P18 キツネの尋問
そうです、皆さんに人気の魔女サーシャは、こいつのせいで日本に利用されています。
自衛隊渋谷駐屯地内にある渋谷駅は、あの事件以来、列車が停車しない存在しない駅となった。そんな駅の地下、渋谷地下街の最下層では重々しい雰囲気が漂っていた。
何人もの陸自警務隊の監視の目の先、先日の事件で逮捕されたイージニア帝国異世界派遣軍総司令、ハッサムは今、取り調べを受けていた。
「蛮族どもが……帝国軍精鋭部隊の指揮官であるワシを捕まえて調子に乗りおって」
「その蛮族とやらに滅ぼされ、捕まった精鋭部隊の指揮官とやらに聞きます。調子に乗ってるのはどっちでしょうね〜」
ハッサムの目の前でそう皮肉るのは、自衛隊情報本部、統合幕僚会議事務局第2幕僚室所属の榊原煌2等陸尉である。開いてるか閉まってるのか分からないぐらいの狐目で、長身が特徴的な男で、あだ名が『キツネの煌』だ。
その由来は、どんな相手に対しても冷静に、時には相手の弱みに漬け込んで情報を聞き出すエキスパートだからだ。
「早くワシを国へ帰せ」
「あれ?聞こえませんでしたか、あなたは今現在日本の支配下にいます。当然、ここはあなたの国ではありません」
「そんな事はどうでもいい、早く帰せと言っているのだ」
「帰す理由が見当たりませんねぇ〜、あなたには我が国に攻め込んだ経緯と、帝国の兵力を細か〜く説明して貰わないといけませんからねぇ。答えて頂けなければ、痛〜いお仕置きがありますよ?」
すると、ハッサムの後ろから目出し帽を被った陸自隊員が現れ、彼の右腕にメスを突き刺す。
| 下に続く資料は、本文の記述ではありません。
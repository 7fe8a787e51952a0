//! The entries of all nodes, in the order of their stamps.

ghost use Rattle.std.specs.Prelude.{◌≡◌, ◌<◌, ◌^◌, ◌++◌, All, IfOk, OnOk, length, map};
ghost use Rattle.stamps.specs.Stamps.{Rises};
ghost use Rattle.stamps.specs.Merged.{IsMerge, list_of};
ghost use Rattle.stamps.specs.Gathered.{rows_from, with_vertex};

use entries::{StampedEntry, StampedRow};
use interference::Memory;
use std::alloc::{AllocError, Global};

// Appends the entries of a node to those of other nodes.
fn add_entries<T: Copy>(
    rows: &mut Vec<StampedRow<T>>,
    vertex: u32,
    entries: &[StampedEntry<T>],
) -> Result<(), AllocError>
    ensures rows { OnOk result (rows.new.items ≡ rows.old.items ++ with_vertex vertex entries.now) }
{
    for StampedEntry { stamp, entry } in entries {
        rows.push(StampedRow {
            stamp: *stamp,
            vertex,
            entry: *entry,
        })?;
    }
    Ok(())
}

// The entries of all nodes, by vertex.
fn by_vertex<T: Copy>(
    alloc: Global,
    lists: &[Vec<StampedEntry<T>>],
) -> Result<Vec<StampedRow<T>>, AllocError>
    requires few { length lists.now < 2 ^ 32 }
    ensures rows { IfOk result (λ rows. rows.items ≡ rows_from 1 (map (λ list. list.items) lists.now)) }
{
    let mut rows = Vec::new(alloc);
    for (index, list) in lists.iter().enumerate() {
        add_entries(&mut rows, (index + 1) as u32, list)?;
    }
    Ok(rows)
}

/// The entries of all nodes in the order of their stamps, and of their vertices if the stamps are equal, each once.
/// List `v - 1` is of the node of vertex `v`.
///
/// # Errors
///
/// `Memory` if memory is refused.
pub fn order<T: Copy>(
    alloc: Global,
    lists: &[Vec<StampedEntry<T>>],
) -> Result<Vec<StampedRow<T>>, Memory>
    requires few { length lists.now < 2 ^ 32 }
    requires rising { All (λ list. Rises list.items) lists.now }
    ensures merge { IfOk result
        (λ rows. IsMerge (length lists.now) (list_of (map (λ list. list.items) lists.now)) rows.items) }
{
    let mut rows = by_vertex(alloc, lists)?;
    rows.sort_by_key(|row| (row.stamp, row.vertex))?;
    Ok(rows)
}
苦痛の悲鳴が部屋に響き、警務隊員たちは思わず目を逸らしてしまう。
「どうですか?喋る気になりましたか?」
「やはり貴様らは蛮族だ!やることが下等だ!」
「足りないみたいだねぇ、もういっちょ行ってみよう」
再びメスが突き刺さられ、ハッサムは痛みに観念したかのように榊原を見る。それを見た榊原は「落ちたぞ」と言って先ほどの目出し帽の陸自隊員に止血剤と痛み止めを注入させる。
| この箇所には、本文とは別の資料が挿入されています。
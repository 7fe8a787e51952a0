//! A whole pulse of a node: what it refuses, and the work of the phase.
ghost use Rattle.std.specs.Prelude.{◌≡◌, ◌≤◌, IfOk, MatchResult, None, OnErr, Some, count_by, length, nat_lt};
ghost use Rattle.std.specs.List.{list_any};
ghost use Rattle.node_api.specs.Boxes.{nothing};
ghost use Rattle.node_api.specs.Program.{Matches};
ghost use Rattle.colour_rules.specs.Idle.{IsIdle, IsWaiting};
ghost use Rattle.colour_rules.specs.declared.phase.Phase.TheVariants.{Orient};
ghost use Rattle.colour_rules.specs.Node.{IsPhase, phase_of, ports};
ghost use Rattle.colour_rules.specs.Refusals.{IsAccepted, first_refusal, ids_in, own_rule, without_port};
ghost use Rattle.colour_rules.specs.Program.{work_of, next};
ghost use Rattle.colour_rules.specs.Pulsed.{HasBoxes, Pulsed};
ghost use Rattle.colour_rules.specs.Table.{is_above};

use crate::idle::IdlePulses;
use crate::node::ColourNode;
use crate::payload::Payload;
use crate::phase::{Phase, Reduction};
use crate::rules::{COLOUR_RANGE, FOREST_RANGE};
use cole_vishkin::Identifier;
use interference::MAX_DEGREE;
use node_api::{Inbox, Outbox, Refused};

// How many ports a node has at most.
const MAX_PORTS: usize = MAX_DEGREE as usize;

// Up to how many ports a shorter list on the stack serves, since it is cleared.
const FEW_PORTS: usize = 128;

impl ColourNode {
    /// A pulse: reads what came, does the work of the phase and sends. Returns pulses after this one in
    /// which the node does nothing if nothing comes.
    ///
    /// # Errors
    ///
    /// The first rule that is broken, by ascending port and then by the node itself. Node and outbox
    /// are then as before.
    pub fn pulse(
        &mut self,
        pulse: u32,
        inbox: &Inbox<Payload>,
        out: &mut Outbox<Payload>,
    ) -> Result<IdlePulses, Refused>
        requires inbox { length inbox.now.slots ≡ ports self.old }
        requires out { out.old ≡ nothing (ports self.old) }
        ensures answer { Matches result (next self.old pulse inbox.now.slots) (self.new, out.new) }
        ensures idle { IfOk result (IsIdle self.new) }
        ensures waits { IfOk result (IsWaiting self.new) }
        ensures refused { OnErr result ((self.new ≡ self.old) × (out.new ≡ out.old)) }
    {
        if self.phase(pulse) == Phase::Orient {
            self.pulse_at_orient(pulse, inbox, out)
        } else {
            self.pulse_with(pulse, &mut [], inbox, out)
        }
    }

    // The same, at the pulse at which identifiers come. Never inlined, since its list on the stack is cleared, which
    // other pulses needn't pay for.
    #[inline(never)]
    fn pulse_at_orient(
        &mut self,
        pulse: u32,
        inbox: &Inbox<Payload>,
        out: &mut Outbox<Payload>,
    ) -> Result<IdlePulses, Refused>
        requires boxes { HasBoxes self.old inbox.now.slots out.old }
        ensures pulsed { Pulsed pulse inbox.now.slots (self.old, out.old) (self.new, out.new) result }
    {
        if self.roles.len() <= FEW_PORTS {
            self.pulse_with(pulse, &mut [0; FEW_PORTS], inbox, out)
        } else {
            self.pulse_with(pulse, &mut [0; MAX_PORTS], inbox, out)
        }
    }

    // The same, with room for the identifiers of all ports if they come at this pulse.
    fn pulse_with(
        &mut self,
        pulse: u32,
        identifiers: &mut [Identifier],
        inbox: &Inbox<Payload>,
        out: &mut Outbox<Payload>,
    ) -> Result<IdlePulses, Refused>
        requires room { phase_of self.old.sizes pulse ≡ Orient → ports self.old ≤ length identifiers.old }
        requires boxes { HasBoxes self.old inbox.now.slots out.old }
        ensures pulsed { Pulsed pulse inbox.now.slots (self.old, out.old) (self.new, out.new) result }
    {
        let phase = self.phase(pulse);
        let count = self.look_at_ports(phase, identifiers, inbox)?;
        self.look_at_own(phase, &identifiers[..count], inbox)?;
        self.do_work(phase, &identifiers[..count], inbox, out);
        Ok(self.idle_after(pulse, phase))
    }

    // The work of the phase, once nothing is refused; `identifiers` are those that came.
    fn do_work(
        &mut self,
        phase: Phase,
        identifiers: &[Identifier],
        inbox: &Inbox<Payload>,
        out: &mut Outbox<Payload>,
    )
        requires accepted { IsAccepted self.old phase inbox.now.slots }
        requires out { out.old ≡ nothing (ports self.old) }
        requires came { identifiers.now ≡ ids_in inbox.now.slots }
        ensures node { (self.new, out.new) ≡ work_of self.old phase inbox.now.slots }
    {
        match phase {
            Phase::Orient => self.orient(identifiers, out),
            Phase::Seed => self.seed(inbox, out),
            Phase::Work(reduction) => self.work(reduction, inbox, out),
            Phase::Merge(forest, step) => self.merge(forest, step, inbox, out),
            Phase::Greet | Phase::Halted => {}
        }
    }

    // The refusal of the rule that the node itself breaks.
    fn look_at_own(
        &self,
        phase: Phase,
        identifiers: &[Identifier],
        inbox: &Inbox<Payload>,
    ) -> Result<(), Refused>
        requires real { IsPhase self.now.sizes phase }
        requires came { identifiers.now ≡ ids_in inbox.now.slots }
        requires accepted { first_refusal self.now phase inbox.now.slots ≡ None }
        requires inbox { length inbox.now.slots ≡ ports self.now }
        ensures answer { let rule = own_rule self.now phase inbox.now.slots in
            MatchResult result (λ _. rule ≡ None) (λ refused. without_port rule ≡ Some refused) }
    {
        let broken = match phase {
            Phase::Orient if self.has_many_higher(identifiers) => Some(FOREST_RANGE),
            Phase::Work(Reduction::Step(_)) => None,
            Phase::Work(reduction) if self.has_colour_above(reduction) => Some(COLOUR_RANGE),
            Phase::Merge(forest, step) if self.has_no_choice(forest, step, inbox) => {
                Some(COLOUR_RANGE)
            }
            _ => None,
        };
        match broken {
            Some(rule) => Err(Refused { rule, port: None }),
            None => Ok(()),
        }
    }

    // Whether more identifiers are higher than the node's own than there are forests.
    fn has_many_higher(&self, identifiers: &[Identifier]) -> bool
        ensures { result ≡ nat_lt self.now.sizes.forests (count_by (nat_lt self.now.id) identifiers.now) }
    {
        let higher = identifiers.iter().filter(|id| self.id < **id).count();
        usize::from(self.forests) < higher
    }

    // Whether a colour of the node is too high.
    fn has_colour_above(&self, reduction: Reduction) -> bool
        ensures { result ≡ list_any (is_above reduction) self.now.colours }
    {
        self.colours.has_above(self.id, reduction)
    }
}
榊原はこれに似た拷問で、サーシャの精神をグタグタになるまで追い込んだ。そのやり方は、目の前で電動ドリルを木の板に貫通させ、次は彼女の手の平の上で動かすというやり方だ。拷問は最低の行為と呼ばれているが、案外戦場では一番多く行われている手っ取り早い尋問方法だ。
「では、まずはこれから聞きましょうか?なぜ、あなた達は我が国……いや、この世界に攻めてきたのですか?」
「はぁ……はぁ……神の意志だ……」
「ん?神の意志?おたくは何か変な宗教でもやってるんですか?」
「し、信じてくれ……これは本当だ。ワシらが信仰する神は、ワシらの世界に飽き、異世界に侵攻させるために時空の裂け目を作った……」
「ほぅ、それは非常に興味深い。で、そのバ神どもはどこにおいでですか?」
「て、天空だ、神は天空に存在する神界に住んでいる……天空には、神界に入ることができる門がある」
「その門はどこにありますか?」
「空に浮いている島だ、そこに神界への扉が存在する」
「なるほどね……ん?」
「榊原情報官、これを」
榊原に渡されたのは一枚の写真だった。それを見た榊原はニヤリと笑う。
「まさか、お前ら神を相手にする気じゃないだろうな!やめておけ!国ごと滅ぼされるぞ!」
「まさかぁ、まずはあなた達の国ですよ」
そう言って榊原は写真を置いて立ち去る。その写真には、空に浮かぶ巨大な島と、撮影現場の位置が書かれていた。